Painters removed old wall mounted outdoor light fixture. i am replacing with a new one. In the box, I have black, white, and orange wire. Inside the house I have a timer switch that was working perfectly before the removal of old fixture. I know the black and white wires are matched against the NEW fixture, Does the Orange wire wrap with the black???

I have a total of three of these boxes on outdoor wall separated about 25 feet apart. Suggestions? Thanks


----------



## dSilanskas (Mar 23, 2008)

Are you sure its not a black, white and a red? Take the switch.timer apart inside and see what you have going on there. You should have a bare copper wire for a ground if it is a newer wire.


----------



## adpanko (Jun 18, 2009)

When was your house built? Is there also a bare copper or green sheathed wire in there too? Do you know if your house has BX cable (the cable is sheathed in metal, instead of rubber or plastic) Do all of the wires in the box come in as part of the same cable?


----------



## kbsparky (Sep 11, 2008)

Does the new fixture have a motion sensor or photocell built-in?

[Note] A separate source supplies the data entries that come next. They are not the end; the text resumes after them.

// The line under way: where its bytes begin and end, how deep it lies, and the part's first number, if it came.
#[derive(Clone, Copy)]
struct Line {
    begin: usize,
    end: usize,
    depth: u64,
    first: Option<Row>,
}

impl Line {
    fn of(row: &Row) -> Line
        ensures begin { result.begin ≡ row.now.begin }
        ensures end { result.end ≡ row.now.end }
        ensures depth { result.depth ≡ row.now.depth }
    {
        Line {
            begin: row.begin,
            end: row.end,
            depth: row.depth,
            first: None,
        }
    }
}

/// Puts out the lines of a body behind its type number, which stands at this offset of the stream, as far as its rows
/// lead. A value of a type that isn't ready has no rows, and none may be deeper than 1000.
pub fn push_body<'a, O: TextOut>(
    alloc: Global,
    table: &'a Table,
    id: TypeId,
    body: &'a [u8],
    offset: u64,
    lines: &mut LinesOut<O>,
) -> Walked
    ensures put { PutsMore O.puts lines.old.out lines.old.fault lines.new.out lines.new.fault
        (ShowsBodyTo (types table.now) id offset body.now result.place) }
    ensures inside { result.place ≤ length body.now }
{
    let mut printer = Printer {
        alloc,
        table,
        body,
        offset,
        path: Vec::new(alloc),
        line: None,
        lines,
    };
    let walked = printer.print(id);
    let Printer {
        alloc: _,
        table: _,
        body: _,
        offset: _,
        path: _steps,
        line: _,
        lines: _put_to,
    } = printer;
    walked
}

impl<'a, O: TextOut> Printer<'a, '_, O> {
    // Puts out the lines of the body, whose type this is.
    fn print(&mut self, id: TypeId) -> Walked
        requires { self.old.line ≡ None }
        ensures same { self.new.lines.ghost_name ≡ self.old.lines.ghost_name }
        ensures put { PutsMore O.puts self.old.lines.now.out self.old.lines.now.fault self.new.lines.now.out
            self.new.lines.now.fault
            (ShowsBodyTo (types self.old.table.now) id self.old.offset self.old.body.now result.place) }
        ensures inside { result.place ≤ length self.old.body.now }
    {
        let table = self.table;
        let body = self.body;
        let walked = match walk_body(table, id, body, Limits::GREATEST_DEPTH, self) {
            Ok(walked) => walked,
            Err(never) => match never {},
        };
        self.end_line(Behind::Missing);
        walked
    }

    // Ends the line under way, if there is one.
    fn end_line(&mut self, behind: Behind<'_>)
        ensures same { self.new.lines.ghost_name ≡ self.old.lines.ghost_name }
        ensures offset { self.new.offset ≡ self.old.offset }
        ensures body { self.new.body ≡ self.old.body }
        ensures table { self.new.table ≡ self.old.table }
        ensures none { self.new.line ≡ None }
        ensures ended { PutsMore O.puts self.old.lines.now.out self.old.lines.now.fault self.new.lines.now.out
            self.new.lines.now.fault
            (EndsLine (types self.old.table.now) self.old.offset self.old.body.now self.old.line) }
    {
        let Some(line) = self.line.take() else {
            return;
        };
        let meaning = self.meaning(&line, behind);
        self.push(&line, meaning)
    }

    // What the line says of its bytes. It is not looked for where no line is put out any more.
    fn meaning(&self, line: &Line, behind: Behind<'_>) -> Result<String, AllocError> {
        let mut meaning = String::new(self.alloc);
        if self.lines.has_failed() {
            return Ok(meaning);
        }
        push_label(self.alloc, self.table, &self.path, &mut meaning)?;
        if let Some(row) = line.first {
            if !meaning.is_empty() {
                meaning.push(' ')?;
            }
            push_value(self.alloc, self.table, &row, behind, &mut meaning)?;
        }
        Ok(meaning)
    }

    // Puts out a line.
    fn push(&mut self, line: &Line, meaning: Result<String, AllocError>)
        ensures same { self.new.lines.ghost_name ≡ self.old.lines.ghost_name }
        ensures offset { self.new.offset ≡ self.old.offset }
        ensures body { self.new.body ≡ self.old.body }
        ensures table { self.new.table ≡ self.old.table }
        ensures under_way { self.new.line ≡ self.old.line }
        ensures added { PutsMore O.puts self.old.lines.now.out self.old.lines.now.fault self.new.lines.now.out
            self.new.lines.now.fault (IsLineText self.old.offset self.old.body.now line.now) }
    {
        let bytes = self.bytes(line.begin, line.end);
        let offset = self.offset.saturating_add(line.begin as u64);
        let levels = line.depth.saturating_add(OUTER);
        self.lines.put_line(offset, bytes, levels, meaning)
    }

    // The bytes from one place up to the other.
    fn bytes(&self, begin: usize, end: usize) -> &'a [u8]
        ensures { begin ≤ end → end ≤ length self.now.body.now → result.now ≡ between begin end self.now.body.now }
    {
        self.body.get(begin..end).unwrap_or(&[])
    }

    // Begins a line with the row, or goes on in the one under way.
    fn go_on(&mut self, row: &Row)
        ensures lines { self.new.lines ≡ self.old.lines }
        ensures offset { self.new.offset ≡ self.old.offset }
        ensures body { self.new.body ≡ self.old.body }
        ensures table { self.new.table ≡ self.old.table }
        ensures under_way { (line : Line) × (self.new.line ≡ Some line) }
        ensures printed { (text : List ℕ) (rows : List Row) → row.now.begin < row.now.end
            → row.now.end ≤ length self.old.body.now
            → FitsIn (types self.old.table.now) self.old.line (last_of rows) row.now
            → HasPrinted (types self.old.table.now) self.old.offset self.old.body.now self.old.line text rows
            row.now.begin
            → HasPrinted (types self.old.table.now) self.old.offset self.old.body.now self.new.line text
            (rows ++ row.now ∷ []) row.now.end }
    {
        let mut line = self.line.unwrap_or(Line::of(row));
        line.end = row.end;
        if row.what == What::First {
            line.first = Some(*row);
        }
        self.line = Some(line);
    }

    // Puts out a row, on a line of its own.
    fn push_row(&mut self, row: &Row, meaning: Result<String, AllocError>)
        ensures same { self.new.lines.ghost_name ≡ self.old.lines.ghost_name }
        ensures offset { self.new.offset ≡ self.old.offset }
        ensures body { self.new.body ≡ self.old.body }
        ensures table { self.new.table ≡ self.old.table }
        ensures under_way { self.new.line ≡ self.old.line }
        ensures printed { PutsMore O.puts self.old.lines.now.out self.old.lines.now.fault self.new.lines.now.out
            self.new.lines.now.fault
            (PrintsAlone (types self.old.table.now) self.old.offset self.old.body.now row.now) }
    {
        self.push(&Line::of(row), meaning)
    }

    // What the end of a struct is called: its place in a list or map, or its type.
    fn end_of_struct(&self, id: TypeId) -> Result<String, AllocError> {
        let mut name = String::new(self.alloc);
        match self.path.last() {
            Some(PartStep::Field { .. } | PartStep::Held(_)) | None => {
                push_type_name(self.alloc, self.table, id, &mut name)?;
            }
            _ => push_label(self.alloc, self.table, &self.path, &mut name)?,
        }
        let mut text = String::from_str(self.alloc, "end")?;
        if !name.is_empty() {
            text.push_str(" of ")?;
            text.push_str(name.as_str())?;
        }
        Ok(text)
    }

    fn put_row(&mut self, row: &Row)
        ensures same { self.new.lines.ghost_name ≡ self.old.lines.ghost_name }
        ensures offset { self.new.offset ≡ self.old.offset }
        ensures body { self.new.body ≡ self.old.body }
        ensures table { self.new.table ≡ self.old.table }
        ensures told { PutsMore O.puts self.old.lines.now.out self.old.lines.now.fault self.new.lines.now.out
            self.new.lines.now.fault
            (TellsRow (types self.old.table.now) self.old.offset self.old.body.now self.old.line self.new.line
            row.now) }
    {
        match row.what {
            What::Tag => self.put_alone(row, String::from_str(self.alloc, TAG)),
            What::Delta => self.put_delta(row),
            What::TypeNumber => self.put_alone(
                row,
                type_meaning(self.alloc, self.table, row.number),
            ),
            What::Segment => self.put_alone(row, size_meaning(self.alloc, "a segment", row.number)),
            What::First => self.put_first(row),
            What::Imaginary => self.put_last(row, Behind::Imaginary(row.number)),
            What::Raw => self.put_last(row, Behind::Raw(self.bytes(row.begin, row.end))),
        }
    }

    // The first number of a part goes on in the line under way, or begins one, and ends it where nothing follows it.
    fn put_first(&mut self, row: &Row)
        ensures same { self.new.lines.ghost_name ≡ self.old.lines.ghost_name }
        ensures offset { self.new.offset ≡ self.old.offset }
        ensures body { self.new.body ≡ self.old.body }
        ensures table { self.new.table ≡ self.old.table }
        ensures told { row.now.what ≡ What.First → PutsMore O.puts self.old.lines.now.out self.old.lines.now.fault
            self.new.lines.now.out self.new.lines.now.fault
            (TellsRow (types self.old.table.now) self.old.offset self.old.body.now self.old.line self.new.line
            row.now) }
    {
        if goes_on(self.table, row) {
            self.go_on(row);
            return;
        }
        self.put_last(row, Behind::Nothing)
    }

    // The row ends the line that it goes on in.
    fn put_last(&mut self, row: &Row, behind: Behind<'_>)
        ensures same { self.new.lines.ghost_name ≡ self.old.lines.ghost_name }
        ensures offset { self.new.offset ≡ self.old.offset }
        ensures body { self.new.body ≡ self.old.body }
        ensures table { self.new.table ≡ self.old.table }
        ensures told { StandsBehind row.now.what → ¬ IsOpen (types self.old.table.now) row.now
            → PutsMore O.puts self.old.lines.now.out self.old.lines.now.fault self.new.lines.now.out
            self.new.lines.now.fault
            (TellsRow (types self.old.table.now) self.old.offset self.old.body.now self.old.line self.new.line
            row.now) }
    {
        self.go_on(row);
        self.end_line(behind)
    }

    // Ends the line under way, and gives the row one of its own.
    fn put_alone(&mut self, row: &Row, meaning: Result<String, AllocError>)
        ensures same { self.new.lines.ghost_name ≡ self.old.lines.ghost_name }
        ensures offset { self.new.offset ≡ self.old.offset }
        ensures body { self.new.body ≡ self.old.body }
        ensures table { self.new.table ≡ self.old.table }
        ensures told { ¬ StandsBehind row.now.what → ¬ IsOpen (types self.old.table.now) row.now
            → PutsMore O.puts self.old.lines.now.out self.old.lines.now.fault self.new.lines.now.out
            self.new.lines.now.fault
            (TellsRow (types self.old.table.now) self.old.offset self.old.body.now self.old.line self.new.line
            row.now) }
    {
        self.end_line(Behind::Missing);
        self.push_row(row, meaning)
    }

    // A delta begins the line of its field, and a 0 ends the struct.
    fn put_delta(&mut self, row: &Row)
        ensures same { self.new.lines.ghost_name ≡ self.old.lines.ghost_name }
        ensures offset { self.new.offset ≡ self.old.offset }
        ensures body { self.new.body ≡ self.old.body }
        ensures table { self.new.table ≡ self.old.table }
        ensures told { row.now.what ≡ What.Delta → PutsMore O.puts self.old.lines.now.out self.old.lines.now.fault
            self.new.lines.now.out self.new.lines.now.fault
            (TellsRow (types self.old.table.now) self.old.offset self.old.body.now self.old.line self.new.line
            row.now) }
    {
        if row.number == 0 {
            let meaning = self.end_of_struct(row.id);
            self.put_alone(row, meaning);
            return;
        }
        self.end_line(Behind::Missing);
        self.go_on(row);
    }
}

Or is there a dual rating (120/277 Volts)?


----------



## Wingingit (Feb 22, 2009)

dSilanskas said:


> Are you sure its not a black, white and a red? Take the switch.timer apart inside and see what you have going on there. You should have a bare copper wire for a ground if it is a newer wire.


 Thanks, worked in out thru process of elimination. All is well, appreciate the response.


----------



## Wingingit (Feb 22, 2009)

kbsparky said:


> Does the new fixture have a motion sensor or photocell built-in?
> 
> Or is there a dual rating (120/277 Volts)?


 THANKS, worked in out thru process of elimination. No montion sensor, it was the timer on switch that was broken. Thanks, appreciate the response,


----------



## Wingingit (Feb 22, 2009)

adpanko said:


> When was your house built? Is there also a bare copper or green sheathed wire in there too? Do you know if your house has BX cable (the cable is sheathed in metal, instead of rubber or plastic) Do all of the wires in the box come in as part of the same cable?


 Thanks, worked it out thru process of elimination...appreciate the response.


----------



## J. V. (Jun 1, 2007)

I would have bet it was a bypass wire. So you could turn on the light manually.


----------



## theatretch85 (May 17, 2008)

Just an FYI, there is some older NM cable that is white/black/orange/bare, I have some of it in my house for all the 3 wire circuits. One of the 14/3 cables I have that runs to a j-box where it splits out to the two separate circuits powering upstairs bedrooms and hallway lights has an insulated green ground wire. This is the only one that I have found in my house that has the insualted ground, all the others are bare.


----------



## J. V. (Jun 1, 2007)

theatretch85 said:


> Just an FYI, there is some older NM cable that is white/black/orange/bare, I have some of it in my house for all the 3 wire circuits. One of the 14/3 cables I have that runs to a j-box where it splits out to the two separate circuits powering upstairs bedrooms and hallway lights has an insulated green ground wire. This is the only one that I have found in my house that has the insualted ground, all the others are bare.


It's very possible they used 3 conductor cable, even though they did not need it. I still think it was intended for a bypass. Now that installer was thinking ahead. It makes sense if you want to turn on the light when the light is not ready to come on itself. Both conductors need to be on the same circuit or "POW".


----------